▸ **Problem details**
Where does the word "text" show up in the records? Copy every line that holds it.

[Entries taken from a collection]
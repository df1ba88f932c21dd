//! Why a run ends, and why a request is not sent.

use fuse_device::DeviceEnd;
use fuse_spec::Refusal;
use thiserror::Error;

/// Why no more goes over a device.
#[derive(Clone, Copy, Debug, PartialEq, Eq, Error)]
pub enum DriveEnd {
    /// The device came to its end.
    #[error("the device ended")]
    Device(DeviceEnd),
    /// Out of memory for a frame that is to come.
    #[error("out of memory")]
    Memory,
    /// As many frames wait for the kernel as are kept (`MOST_WAITING`), while the reply to OPENDIR or RELEASEDIR is
    /// awaited.
    #[error("too many frames wait")]
    TooMany,
    /// The kernel refused the error reply for a directory that could not be opened.
    #[error("the kernel refused a reply")]
    Refused(Refusal),
}

/// Why a request is not sent.
#[derive(Clone, Copy, Debug, PartialEq, Eq, Error)]
pub enum NotSent {
    /// The kernel refused to be read, and nothing changed.
    #[error("the kernel refused to be read")]
    Refused(Refusal),
    #[error("the run came to its end")]
    Ended(DriveEnd),
}
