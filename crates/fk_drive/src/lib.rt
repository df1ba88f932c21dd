//! The kernel in front of any device: what it reads is sent to a server, and what the server sends is written to it.
#![tactic(auto)]

mod connection;
mod end;
mod exchange;
mod noted;
mod opening;
mod receiving;
mod releasing;
mod sending;
mod writing;

pub use connection::{Connection, Directory};
pub use end::{DriveEnd, NotSent};
pub use fk_drive_frames::{FreeFields, OtherFrame};
pub use noted::{Noted, Notes};
pub use sending::send_next;
pub use writing::{Written, write_next};
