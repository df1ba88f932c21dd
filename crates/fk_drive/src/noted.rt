//! What is noted of a server's frames beside what the kernel makes of them.

ghost use Rattle.std.specs.Prelude.{◌∷◌, ◌++◌, [], List};

use fk_drive_frames::OtherFrame;

/// What is noted of a frame as it comes.
#[derive(Clone, Copy, Debug, PartialEq, Eq)]
pub enum Noted {
    /// It is set aside, since it is not for the kernel.
    SetAside(OtherFrame),
    /// It is the reply to the OPENDIR under this number, which was awaited, and has the body of one or not.
    OpendirReply { unique: u64, is_whole: bool },
    /// It is the reply to the RELEASEDIR under this number, which was awaited, and has no body, as that wants, or has one.
    ReleasedirReply { unique: u64, is_whole: bool },
    /// It has the number of the OPENDIR or RELEASEDIR whose reply is awaited, and is no reply by its head. It waits for the
    /// kernel.
    NoOpendirReply { unique: u64 },
}

/// Who notes them, each as it comes, with something at hand, as an output.
pub trait Notes<O> {
    ghost use Rattle.fk_drive.specs.declared.noted.Noted.{Noted};

    // From the one state to the other, of both, these were noted, in turn, and nothing else.
    ghost notes: { (old new : Self) → (had has : O) → List Noted → Type 0 };

    /// Notes a frame.
    fn note(&mut self, noted: Noted, out: &mut O)
        ensures { notes self.old self.new out.old out.new (noted ∷ []) };

    ghost stays: { (n : Self) (o : O) → notes n n o o [] };

    ghost goes_on: { (first mid last : Self) (had got has : O) (h k : List Noted) →
        notes first mid had got h → notes mid last got has k → notes first last had has (h ++ k) };
}
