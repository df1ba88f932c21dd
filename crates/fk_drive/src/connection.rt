//! What is kept of a kernel's connection to a server.

ghost use Rattle.std.specs.Prelude.{◌≡◌};

use fk_drive_frames::FIRST_OPENDIR_UNIQUE;
use fuse_spec::Opened;
use std::alloc::Allocator;

/// A directory that OPENDIR opened, and the number of the READDIR or READDIRPLUS for which it did.
#[derive(Clone, Copy, Debug, PartialEq, Eq)]
pub struct Directory {
    pub unique: u64,
    pub opened: Opened,
}

/// What is kept of a connection: the frames that wait for the kernel, in order, and what OPENDIR gave.
#[derive(Drop)]
pub struct Connection<A: Allocator + Copy> {
    pub(crate) alloc: A,
    pub(crate) waiting: Vec<Vec<u8, A>, A>,
    pub(crate) next: u64,
    pub(crate) asks: bool,
    pub(crate) directories: Vec<Directory, A>,
    /// Where frames are received; zeroed once.
    pub(crate) room: Vec<u8, A>,
}

impl<A: Allocator + Copy> Connection<A> {
    ghost use Rattle.fk_drive.specs.Driving.{first_driven};
    ghost use Rattle.fk_drive.specs.Driven.{driven};
    ghost use Rattle.fk_drive.specs.Driving.{idle};
    ghost use Rattle.fuse_spec.specs.World.Worlds.{first_kernel};

    /// A new connection, on which OPENDIR goes before what lists a directory, if it `asks`.
    pub fn new(alloc: A, asks: bool) -> Self
        ensures { driven first_kernel result idle ≡ first_driven asks }
    {
        Connection {
            alloc,
            waiting: Vec::new(alloc),
            next: FIRST_OPENDIR_UNIQUE,
            asks,
            directories: Vec::new(alloc),
            room: Vec::new(alloc),
        }
    }
}
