//! A directory is released behind the reply to what listed it, and the reply to that is awaited.

ghost use Rattle.std.specs.Prelude.{◌≡◌, ◌≢◌, ◌↔◌, ◌≤◌, ◌==◌, ◌+◌, ◌<◌, ◌^◌, ◌∷◌, [], ℕ, Bool, List, Some, IfOk, IsTrue, false, length, position, remove, slice_get, true, vec_len};
ghost use Rattle.fuse_spec.specs.Kernel.Kernel.{Kernel as KernelState};
ghost use Rattle.fuse_device.specs.Transfers.{Transfer};
ghost use Rattle.fuse_frames.specs.DecodedReplies.{HasReplyHead, head_unique};
ghost use Rattle.fk_drive_frames.specs.OwnRequests.{IsReleasedir};
ghost use Rattle.fk_drive.specs.Driven.{KeepsWaiting, directories_in, driven, waiting_in};
ghost use Rattle.fk_drive.specs.Driving.{ReleasesBehind, Runs, SendsFrame, releasing};
ghost use Rattle.fk_drive.specs.Exchanges.{EndsAs, WentOver};
ghost use Rattle.fk_drive.specs.Notings.{HasNoted};
ghost use Rattle.fk_drive.specs.Releasing.{AwaitsRelease, ReleaseStep, Releases, turn_awaited, turn_behind, turn_received};
ghost use Rattle.fk_drive.specs.Rooms.{most_waiting};
ghost use Rattle.fk_drive.specs.declared.connection.Directory.{Directory};

use crate::connection::{Connection, Directory};
use crate::end::DriveEnd;
use crate::exchange::{receive_frame, send_bytes};
use crate::noted::{Noted, Notes};
use crate::opening::note_no_reply;
use fk_drive_frames::{OPENDIR_UNIQUES_END, releasedir};
use fk_wire::ReplyHead;
use fuse_device::Device;
use std::alloc::Allocator;

/// The bytes of a reply to RELEASEDIR: it has no body.
const HEAD: usize = 16;

/// Sends RELEASEDIR of the open directory at a place. Gives the number that it has.
fn release_at<A: Allocator + Copy, D: Device>(
    connection: &mut Connection<A>,
    device: &mut D,
    place: usize,
) -> Result<u64, DriveEnd>
    requires place { place < vec_len connection.old.directories }
    requires numbers { connection.old.next < 2 ^ 63 }
    ensures sends { WentOver D.logs device.old device.new (EndsAs result) (λ log. (bytes : List ℕ) × (directory : Directory)
        × (slice_get connection.old.directories.items place ≡ Some directory)
        × IsReleasedir bytes connection.old.next directory.opened × SendsFrame bytes log) }
    ensures number { IfOk result (λ own. own ≡ connection.old.next) }
    ensures left { connection.new.directories.items ≡ remove connection.old.directories.items place }
    ensures same { connection.new ≡ record connection.old {
      next = connection.old.next + 2;
      directories = connection.new.directories;
    } }
{
    let directory = connection.directories.remove(place);
    let own = connection.next;
    connection.next += 2;
    match send_bytes(device, &releasedir(own, directory.opened)) {
        Ok(()) => Ok(own),
        Err(end) => Err(end),
    }
}

/// Where the directory stands that was opened for the request under a number.
fn place_of(directories: &[Directory], unique: u64) -> Option<usize>
    ensures { result ≡ position (λ directory. directory.unique == unique) directories.now }
{
    directories
        .iter()
        .position(|directory| directory.unique == unique)
}

/// Sends RELEASEDIR of the directory that was opened for the request under a number, if one was. Gives the number that
/// RELEASEDIR has.
fn release_directory<A: Allocator + Copy, D: Device>(
    connection: &mut Connection<A>,
    device: &mut D,
    unique: u64,
) -> Result<Option<u64>, DriveEnd>
    ensures releases { (frame : List ℕ) → HasReplyHead frame → head_unique frame ≡ unique
        → WentOver D.logs device.old device.new (EndsAs result)
        (λ log. ReleasesBehind frame connection.old.next (directories_in connection.old) log connection.new.next
        (directories_in connection.new) (turn_behind result connection.old.next)) }
    ensures same { KeepsWaiting connection.old connection.new }
{
    if connection.next >= OPENDIR_UNIQUES_END {
        return Ok(None);
    }
    match place_of(&connection.directories, unique) {
        Some(place) => match release_at(connection, device, place) {
            Ok(own) => Ok(Some(own)),
            Err(end) => Err(end),
        },
        None => Ok(None),
    }
}

/// Sends RELEASEDIR behind a frame that was written, where that is the reply to what listed an open directory. Gives the
/// number that RELEASEDIR has.
fn release_behind<A: Allocator + Copy, D: Device>(
    connection: &mut Connection<A>,
    device: &mut D,
    frame: &[u8],
) -> Result<Option<u64>, DriveEnd>
    ensures releases { WentOver D.logs device.old device.new (EndsAs result)
        (λ log. ReleasesBehind frame.now connection.old.next (directories_in connection.old) log connection.new.next
        (directories_in connection.new) (turn_behind result connection.old.next)) }
    ensures same { KeepsWaiting connection.old connection.new }
{
    match ReplyHead::read(frame) {
        Ok(head) => release_directory(connection, device, head.unique),
        Err(_) => Ok(None),
    }
}

/// Whether a frame is the reply to the request under a number.
fn is_reply_to(own: u64, frame: &[u8]) -> bool
    ensures { IsTrue result ↔ (HasReplyHead frame.now × (head_unique frame.now ≡ own)) }
{
    match ReplyHead::read(frame) {
        Ok(head) => head.unique == own,
        Err(_) => false,
    }
}

/// Notes the reply to the RELEASEDIR under a number.
fn note_released<N: Notes<O>, O>(notes: &mut N, out: &mut O, own: u64, frame: &[u8])
    ensures { (is_whole : Bool) × N.notes notes.old notes.new out.old out.new (Noted.ReleasedirReply own is_whole ∷ [])
        × (is_whole ≡ true → length frame.now ≡ 16) × (is_whole ≡ false → length frame.now ≢ 16) }
{
    let noted = Noted::ReleasedirReply {
        unique: own,
        is_whole: frame.len() == HEAD,
    };
    notes.note(noted, out);
}

/// Receives a frame while the reply to the RELEASEDIR under a number is awaited. Says whether it is that. Any other waits
/// for the kernel, or is set aside.
fn receive_released<A: Allocator + Copy, D: Device, N: Notes<O>, O>(
    connection: &mut Connection<A>,
    device: &mut D,
    notes: &mut N,
    out: &mut O,
    own: u64,
) -> Result<bool, DriveEnd>
    ensures awaits { (kernel : KernelState) → WentOver D.logs device.old device.new
        (AwaitsRelease result (waiting_in connection.new))
        (λ log. Runs ReleaseStep (driven kernel connection.old (releasing own)) log
        (driven kernel connection.new (turn_received result own))) }
    ensures few { vec_len connection.old.waiting ≤ most_waiting → vec_len connection.new.waiting ≤ most_waiting }
    ensures noted { HasNoted N.notes notes.old notes.new out.old out.new }
{
    if let Err(end) = connection.make_room_awaiting() {
        return Err(end);
    }
    let frame = match receive_frame(connection.alloc, &mut connection.room, device) {
        Ok(frame) => frame,
        Err(end) => return Err(end),
    };
    if is_reply_to(own, frame.as_slice()) {
        note_released(notes, out, own, frame.as_slice());
        return Ok(true);
    }
    note_no_reply(notes, out, own, frame.as_slice());
    connection.keep(frame, notes, out);
    Ok(false)
}

/// Receives frames until the reply to the RELEASEDIR under a number.
fn await_releasedir<A: Allocator + Copy, D: Device, N: Notes<O>, O>(
    connection: &mut Connection<A>,
    device: &mut D,
    notes: &mut N,
    out: &mut O,
    own: u64,
) -> Result<(), DriveEnd>
    ensures awaits { (kernel : KernelState) → WentOver D.logs device.old device.new
        (AwaitsRelease result (waiting_in connection.new))
        (λ log. Runs ReleaseStep (driven kernel connection.old (releasing own)) log
        (driven kernel connection.new (turn_awaited result own))) }
    ensures noted { HasNoted N.notes notes.old notes.new out.old out.new }
{
    for _frame in 0..u64::MAX {
        match receive_released(connection, device, notes, out, own) {
            Ok(false) => {}
            Ok(true) => return Ok(()),
            Err(end) => return Err(end),
        }
    }
    Err(DriveEnd::Memory)
}

/// Sends RELEASEDIR behind a frame that was written, where that is the reply to what listed an open directory, and receives
/// frames until its reply.
pub(crate) fn release<A: Allocator + Copy, D: Device, N: Notes<O>, O>(
    connection: &mut Connection<A>,
    device: &mut D,
    notes: &mut N,
    out: &mut O,
    frame: &[u8],
) -> Result<(), DriveEnd>
    ensures releases { (kernel : KernelState) → Releases kernel D.logs device.old device.new frame.now result
        connection.old connection.new }
    ensures noted { HasNoted N.notes notes.old notes.new out.old out.new }
{
    match release_behind(connection, device, frame) {
        Ok(Some(own)) => await_releasedir(connection, device, notes, out, own),
        Ok(None) => Ok(()),
        Err(end) => Err(end),
    }
}
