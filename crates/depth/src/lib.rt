// The depth of an address: the greatest level among the marks that hold for it, found in one pass over the set places. A mark of
// the highest level ends the pass.
#![tactic(auto)]

ghost use Rattle.std.specs.Prelude.{◌≡◌, ◌+◌, ◌-◌, ◌≤◌};
ghost use Rattle.std.specs.Int.Count.{ones};
ghost use Rattle.marks.specs.Key.{low_page};
ghost use Rattle.marks.specs.ByLevel.{wants_of, wanted_from};
ghost use Rattle.marks.specs.Table.{keys, lookup_among};

use entry::GuestVirtual;
use spec::Lookup;

// The key of the mark of each level at an address, made once for a search.
fn wants_of(levels: u64, address: GuestVirtual) -> [u64; 8]
    ensures { result ≡ wants_of (low_page levels address.0) }
{
    [
        marks::key_of(levels, 0, address),
        marks::key_of(levels, 1, address),
        marks::key_of(levels, 2, address),
        marks::key_of(levels, 3, address),
        marks::key_of(levels, 4, address),
        marks::key_of(levels, 5, address),
        marks::key_of(levels, 6, address),
        marks::key_of(levels, 7, address),
    ]
}

// The set from the first place on whose key is wanted. A loop of its own, so that passing a key takes few instructions.
fn wanted_from(place: &[u64; 64], set: u64, wants: &[u64; 8]) -> u64
    ensures { (keys place.now result ≡ wanted_from wants.now (keys place.now set)) × (result ≤ set) }
{
    let mut rest = set;
    while rest != 0 {
        let i = bits::lowest(rest);
        let key = place[i];
        let level = (key % 8) as usize;
        if wants[level] == key {
            return rest;
        }
        rest = bits::after_lowest(rest);
    }
    0
}

// Where a search ended: the depth, and the set from the first place on that was not read.
#[derive(Clone, Copy)]
struct Searched {
    depth: u64,
    rest: u64,
}

// The search: the set places are visited in their order. No mark has a greater level than one above all tables', so such a one ends it.
fn search(place: &[u64; 64], set: u64, levels: u64, address: GuestVirtual) -> Searched
    ensures { (result.depth ≡ (lookup_among levels place.now set address.0).depth) × ((lookup_among levels place.now set address.0).read + ones result.rest ≡ ones set) }
{
    if set == 0 {
        return Searched { depth: 0, rest: 0 };
    }
    let wants = wants_of(levels, address);
    let mut found = 0;
    let mut rest = set;
    let depth = loop {
        rest = wanted_from(place, rest, &wants);
        if rest == 0 {
            break found;
        }
        let i = bits::lowest(rest);
        let level = place[i] % 8;
        rest = bits::after_lowest(rest);
        if levels < level {
            break level;
        }
        found = marks::greater(found, level);
    };
    Searched {
        depth: depth,
        rest: rest,
    }
}

// The depth of an address.
pub fn depth(place: &[u64; 64], set: u64, levels: u64, address: GuestVirtual) -> u64
    ensures { result ≡ (lookup_among levels place.now set address.0).depth }
{
    search(place, set, levels, address).depth
}

// The depth of an address, and how many marks were read for it: as many as are set, less those that are left.
pub fn lookup(place: &[u64; 64], set: u64, levels: u64, address: GuestVirtual) -> Lookup
    ensures { result ≡ lookup_among levels place.now set address.0 }
{
    let s = search(place, set, levels, address);
    Lookup {
        depth: s.depth,
        read: bits::count(set) - bits::count(s.rest),
    }
}
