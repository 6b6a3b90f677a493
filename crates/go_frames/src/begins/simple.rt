//! Simple statements, in lists of statements and in headers.

ghost use Rattle.std.specs.Prelude.{◌≡◌};
ghost use Rattle.go_grammar.specs.StmtSteps as rows;
ghost use Rattle.go_frames.specs.FrameView.{Comes, token_of, ctx_view, mode_view, stack_view};

use crate::begins::expr::begin_expr;
use crate::frames::at::At;
use crate::frames::ctx::Ctx;
use crate::frames::frame::{Frame, Mode, Spot, StmtFrame};
use crate::frames::stack::{Answer, Stack};
use std::alloc::Global;

/// Whether a guard of a type switch may stand there.
pub fn takes_guard(mode: Mode) -> bool
    ensures value { result ≡ rows.takes_guard (mode_view mode) }
{
    matches!(mode, Mode::Switch | Mode::Tag)
}

/// A simple statement that begins with the token.
pub fn begin_simple(alloc: Global, at: At, text: &[u8], c: Ctx, mode: Mode, stack: Stack) -> Answer
    ensures value { Comes result (rows.begin_simple (token_of at text.now) (ctx_view c) (mode_view mode) (stack_view stack)) }
{
    let spot = Spot {
        ctx: c,
        mode,
        place: at.place,
    };
    let stack = stack.with(Frame::Stmt(StmtFrame::Simple(spot, Vec::new(alloc))))?;
    begin_expr(alloc, at, text, c.with_guard(takes_guard(mode)), stack)
}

▸ **Answer for this exercise**
pub fn begin_simple(alloc: Global, at: At, text: &[u8], c: Ctx, mode: Mode, stack: Stack) -> Answer
    ensures value { Comes result (rows.begin_simple (token_of at text.now) (ctx_view c) (mode_view mode) (stack_view stack)) }
    begin_expr(alloc, at, text, c.with_guard(takes_guard(mode)), stack)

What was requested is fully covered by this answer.